In Martin, as here, the plaintiff was injured while operating a forklift truck belonging to his employer, but his action was against the manufacturer and the distributor for negligence and breach of warranty. The court held that the warranty cause of action was in reality a claim in strict products liability and made the following observation: "[A] plaintiff who is not in privity with the seller of the product which is alleged to have caused his injury possesses a cause of action in negligence or strict products liability as opposed to what has often been incorrectly labeled breach of warranty.” (Martin v Dierck Equip. Co., supra, pp 589-590.)

Patently, the court’s comment was predicated on the lack of privity between the manufacturer and the remote user plaintiff (see Victorson v Bock Laundry Mach. Co., 37 NY2d 395).

*773Where there is privity a plaintiff may have a cause of action sounding in either strict products liability or warranty or both (see, e.g., Cerrato v Crown Co., 58 AD2d 721). The third-party plaintiff owner in Jackson was in obvious privity with the dealer and the third-party plaintiff operator may well have been a person to whom warranties have been extended by the liberalized provisions of section 2-318 of the Uniform Commercial Code. Thus, it would appear that the court did not mislabel the cause of action.

The more significant difference between Martin and Jackson as they relate to the instant case lies in the fact that in Martin there was no claim that the offending product had been defectively repaired and no repairer was sued while in Jackson the third-party defendant was a repairer as well as a seller and the action encompassed both initial product defect and the failure to properly service or repair.
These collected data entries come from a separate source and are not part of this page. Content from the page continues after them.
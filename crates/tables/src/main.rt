// tables [FILE]: statements from standard input, a line each, answered on a file as the device. It is a thin driver over the
// proved engine: it does what is asked, in order, and prints the answers.
#![tactic(auto)]

use console::Stop;
use console::answers::push_reply;
use console::drive::answer;
use console::lines::for_each_line;
use session::{Engine, Reply, Unopened};
use std::io::{BufReader, Write};
use std::process::ExitCode;
use std::{env, fmt, io};

mod file;

use file::FileDisk;

// Answers are gathered up to this many bytes before they are printed, and always printed before the next line is read.
const GATHERED: usize = 65536;

// A connection: the engine on its disk, the values of the row that is handed over, and what is to be printed.
#[derive(Drop)]
struct Console {
    engine: Engine,
    disk: FileDisk,
    row: Vec<u8>,
    out: Vec<u8>,
}

impl Console {
    // Does what the engine asks until it answers.
    fn hear(&mut self) -> Result<Reply, Stop> {
        answer(&mut self.engine, &mut self.disk, &mut self.row)
    }

    fn note(&mut self, reply: Reply) -> Result<(), Stop> {
        push_reply(&mut self.out, reply, self.row.as_slice())?;
        Ok(())
    }

    fn print(&mut self, rt: &HostRuntime) -> Result<(), Stop> {
        rt.stdout().write_all(self.out.as_slice())?;
        self.out.clear();
        Ok(())
    }

    // The rows of the query that runs, up to its end.
    fn rows(&mut self, rt: &HostRuntime) -> Result<(), Stop> {
        // kept: (d) a count that is not reached: the form that the toolchain has for a loop on input, whose end is in no number that falls
        for _ in 0..u64::MAX {
            self.engine.next();
            let reply = self.hear()?;
            self.note(reply)?;
            if reply != Reply::Row {
                return Ok(());
            }
            if self.out.len() >= GATHERED {
                self.print(rt)?;
            }
        }
        Ok(())
    }

    // A statement and its answer.
    fn say(&mut self, rt: &HostRuntime, text: &[u8]) -> Result<(), Stop> {
        self.engine.say(text);
        match self.hear()? {
            Reply::Begun => self.rows(rt)?,
            reply => self.note(reply)?,
        }
        self.print(rt)
    }
}

// Comes up on the disk, and answers each line.
fn serve(rt: &HostRuntime, engine: Engine, disk: FileDisk) -> Result<(), Stop> {
    let heap = rt.alloc();
    let mut console = Console {
        engine,
        disk,
        row: Vec::new(heap),
        out: Vec::new(heap),
    };
    let _ = console.hear()?;
    let mut input = BufReader::new(heap, rt.stdin())?;
    let mut line = Vec::new(heap);
    for_each_line(&mut input, &mut line, |text| console.say(rt, text))
}

// Why nothing more is answered.
#[derive(Drop)]
enum Failure {
    // the file can't be opened
    File(io::Error),
    // so many bytes are no device
    Size(u64),
    Memory,
    // a read or a write failed, of the device or of what is said and answered
    Stopped(io::Error),
}

// How to make a device.
const HINT: &str = "a blank device is made by: truncate -s 64M NAME";

impl fmt::Display for Failure {
    fn fmt<W: fmt::Write>(&self, f: &mut fmt::Formatter<W>) -> fmt::Result {
        match self {
            Failure::File(e) => write!(f, "{e}; {HINT}"),
            Failure::Size(bytes) => write!(
                f,
                "{bytes} bytes are no device, which has a multiple of 512 and at least 2097152; {HINT}"
            ),
            Failure::Memory => write!(f, "not enough memory for a device of this size; {HINT}"),
            Failure::Stopped(e) => write!(f, "{e}"),
        }
    }
}

impl From<Stop> for Failure {
    fn from(stop: Stop) -> Failure {
        match stop {
            Stop::Failed(e) => Failure::Stopped(e),
            Stop::Cut => Failure::Stopped(io::Error::from(io::ErrorKind::UnexpectedEof)),
        }
    }
}

fn run(rt: &HostRuntime, path: &str) -> Result<(), Failure> {
    let disk = FileDisk::open(rt, path).map_err(Failure::File)?;
    let bytes = disk.bytes();
    let sectors = disk.sectors().ok_or(Failure::Size(bytes))?;
    let engine = Engine::open(rt.alloc(), sectors).map_err(|why| match why {
        Unopened::Size => Failure::Size(bytes),
        Unopened::Memory => Failure::Memory,
    })?;
    serve(rt, engine, disk)?;
    Ok(())
}

// Answers on the file that is named, and says on standard error why it ended, where it failed.
fn run_named(rt: &HostRuntime, path: &str) -> io::Result<ExitCode> {
    let Err(failure) = run(rt, path) else {
        return Ok(ExitCode::SUCCESS);
    };
    eprintln!(rt; "tables: {path}: {failure}")?;
    Ok(ExitCode::FAILURE)
}

// The file that is named, or `device`.
fn run_first(rt: &HostRuntime) -> io::Result<ExitCode> {
    let mut args = env::args(rt)?;
    match args.nth(1) {
        Some(path) => run_named(rt, path.as_str()),
        None => run_named(rt, "device"),
    }
}

// An error that `main` returned would be printed beside the line that says why, so it ends by its status.
fn main(rt: HostRuntime) -> ExitCode {
    run_first(&rt).unwrap_or(ExitCode::FAILURE)
}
In a proper case, a hybrid service-sale transaction can give rise to a cause of action for breach of warranty or strict products liability if the sales aspect of the transaction predominates and the service aspect is merely incidental (see, e.g., Schenectady Steel Co. v Trimpoli Gen. Constr. Co., 43 AD2d 234, affd 34 NY2d 939; Perlmutter v Beth David Hosp., 308 NY 100; Milau Assoc. v North Ave. Dev. Corp., 56 AD2d 587; Jerry v Borden Co., 45 AD2d 344; Newmark v Gimbels, 53 NJ 62; Sales, The Service-Sales Transaction: A Citadel Under Assault, 10 St. Mary’s LJ 13). In Jackson, the sales aspect of the transaction predominated since it involved the sale of a new vehicle with a defective steering mechanism and the services and repairs rendered by the dealer to correct the steering problem were provided under the new car warranty only one week after the purchase. Had the third-party defendant in Jackson simply been a repairer and not also a dealer, and had there been no sale, the third-party plaintiffs would have had no cause of action for breach of warranty (see Aegis Prods, v Arriñex Corp. of Amer., 25 AD2d 639) or strict products liability (see cases, supra). The current defendant is nothing more than a repairer and thus the motion to add a new cause of action must be denied.
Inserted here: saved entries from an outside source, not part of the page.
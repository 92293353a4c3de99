// 64 columns of 256 rows each, in one batch, at m 4,096. All rows are multiples of 10: column k holds 256 of them that follow one another, from the k-th
// on, and from the 130th on where k is 40 or more. The patterns then have 65,536 entries in all, as many as F allows.
ghost use Rattle.std.specs.Prelude.{◌≤◌};

use crate::large_shown::{ask, state, tell};
use crate::large_tables;
use crate::large_tables::{
    BookHeads, BookNext, BookRows, Heads, Ids, Next, Parents, RowList, Rows, Windows, Work,
};
use crate::lines::title;
use factor::Factor;

// Where column k starts.
fn start(k: u32) -> u32
    ensures { result ≤ 130 }
{
    if k < 40 { k } else { 130 }
}

// The rows of all columns, one column after another.
fn write_rows(list: &mut RowList) {
    for (i, row) in list.iter_mut().enumerate() {
        let i = i as u32;
        *row = 10 * (start(i / 256 + 1) + i % 256);
    }
}

// The ids 1 to 64.
fn all_ids() -> Ids {
    let mut ids = [0u32; 64];
    for (k, id) in ids.iter_mut().enumerate() {
        *id = k as u32 + 1;
    }
    ids
}

// ---- the case

// Opens with f factor records and adds the columns.
fn add_all(
    heads: &mut Heads,
    parents: &mut Parents,
    rows: &mut Rows,
    counts: &mut Rows,
    next: &mut Next,
    book_heads: &mut BookHeads,
    book_rows: &mut BookRows,
    book_next: &mut BookNext,
    windows: &mut Windows,
    work: &mut Work,
    ids: &Ids,
    row_counts: &Ids,
    row_list: &RowList,
    f: u32,
) -> Factor {
    let mut touched = [9u16; 4096];
    let mut labels = [9u16; 4096];
    let record = large_tables::open(
        heads, parents, rows, counts, next, book_heads, book_rows, book_next, windows, work, f,
    );
    let changed = large_tables::add(
        record,
        heads,
        parents,
        rows,
        counts,
        next,
        book_heads,
        book_rows,
        book_next,
        windows,
        work,
        &mut touched,
        &mut labels,
        ids,
        row_counts,
        row_list,
        &[0; 64],
    );
    tell(changed, &touched, &labels);
    state(
        changed.factor,
        heads,
        parents,
        rows,
        counts,
        next,
        book_heads,
        book_rows,
        book_next,
        windows,
        work,
    );
    let after = changed.factor;
    after
}

// Removes all columns.
fn remove_all(
    record: Factor,
    heads: &Heads,
    parents: &mut Parents,
    rows: &mut Rows,
    counts: &mut Rows,
    next: &mut Next,
    book_heads: &mut BookHeads,
    book_rows: &mut BookRows,
    book_next: &mut BookNext,
    windows: &mut Windows,
    work: &mut Work,
    ids: &Ids,
) {
    let mut touched = [9u16; 4096];
    let mut labels = [9u16; 4096];
    let changed = large_tables::remove(
        record,
        heads,
        parents,
        rows,
        counts,
        next,
        book_heads,
        book_rows,
        book_next,
        windows,
        work,
        &mut touched,
        &mut labels,
        ids,
    );
    tell(changed, &touched, &labels);
    state(
        changed.factor,
        heads,
        parents,
        rows,
        counts,
        next,
        book_heads,
        book_rows,
        book_next,
        windows,
        work,
    );
}

// With one factor record fewer than the patterns need, then with as many; then all columns are removed.
fn all(
    heads: &mut Heads,
    parents: &mut Parents,
    rows: &mut Rows,
    counts: &mut Rows,
    next: &mut Next,
    book_heads: &mut BookHeads,
    book_rows: &mut BookRows,
    book_next: &mut BookNext,
    windows: &mut Windows,
    work: &mut Work,
    ids: &Ids,
    row_counts: &Ids,
    row_list: &RowList,
) {
    title("64 columns, F 65535");
    add_all(
        heads, parents, rows, counts, next, book_heads, book_rows, book_next, windows, work, ids,
        row_counts, row_list, 65535,
    );
    title("64 columns, F 65536");
    let full = add_all(
        heads, parents, rows, counts, next, book_heads, book_rows, book_next, windows, work, ids,
        row_counts, row_list, 65536,
    );
    ask(
        full, heads, parents, rows, counts, next, book_heads, book_rows, book_next, windows, work,
    );
    title("all removed");
    remove_all(
        full, heads, parents, rows, counts, next, book_heads, book_rows, book_next, windows, work,
        ids,
    );
}

pub fn run() {
    let mut list = [0u32; 16384];
    write_rows(&mut list);
    let ids = all_ids();
    let mut heads = [9u32; 4096];
    let mut parents = [9u16; 4096];
    let mut rows = [9u16; 65536];
    let mut counts = [9u16; 65536];
    let mut next = [9u32; 65536];
    let mut book_heads = [9u32; 64];
    let mut book_rows = [9u16; 16384];
    let mut book_next = [9u32; 16384];
    let mut windows = [9u32; 128];
    let mut work = [7u32; 312384];
    all(
        &mut heads,
        &mut parents,
        &mut rows,
        &mut counts,
        &mut next,
        &mut book_heads,
        &mut book_rows,
        &mut book_next,
        &mut windows,
        &mut work,
        &ids,
        &[256; 64],
        &list,
    );
}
Plaintiffs’ effort to amend the ad damnum clause to assert monetary damages due to injuries whose severity was not heretofore known is insufficiently supported. A physician’s affidavit is needed to relate the additional injury to the *774occurrence which is the subject matter of the suit (Davis v City of Troy, 57 AD2d 990).

The motion is denied without prejudice to a renewal of the branch of it which relates to the ad damnum clause.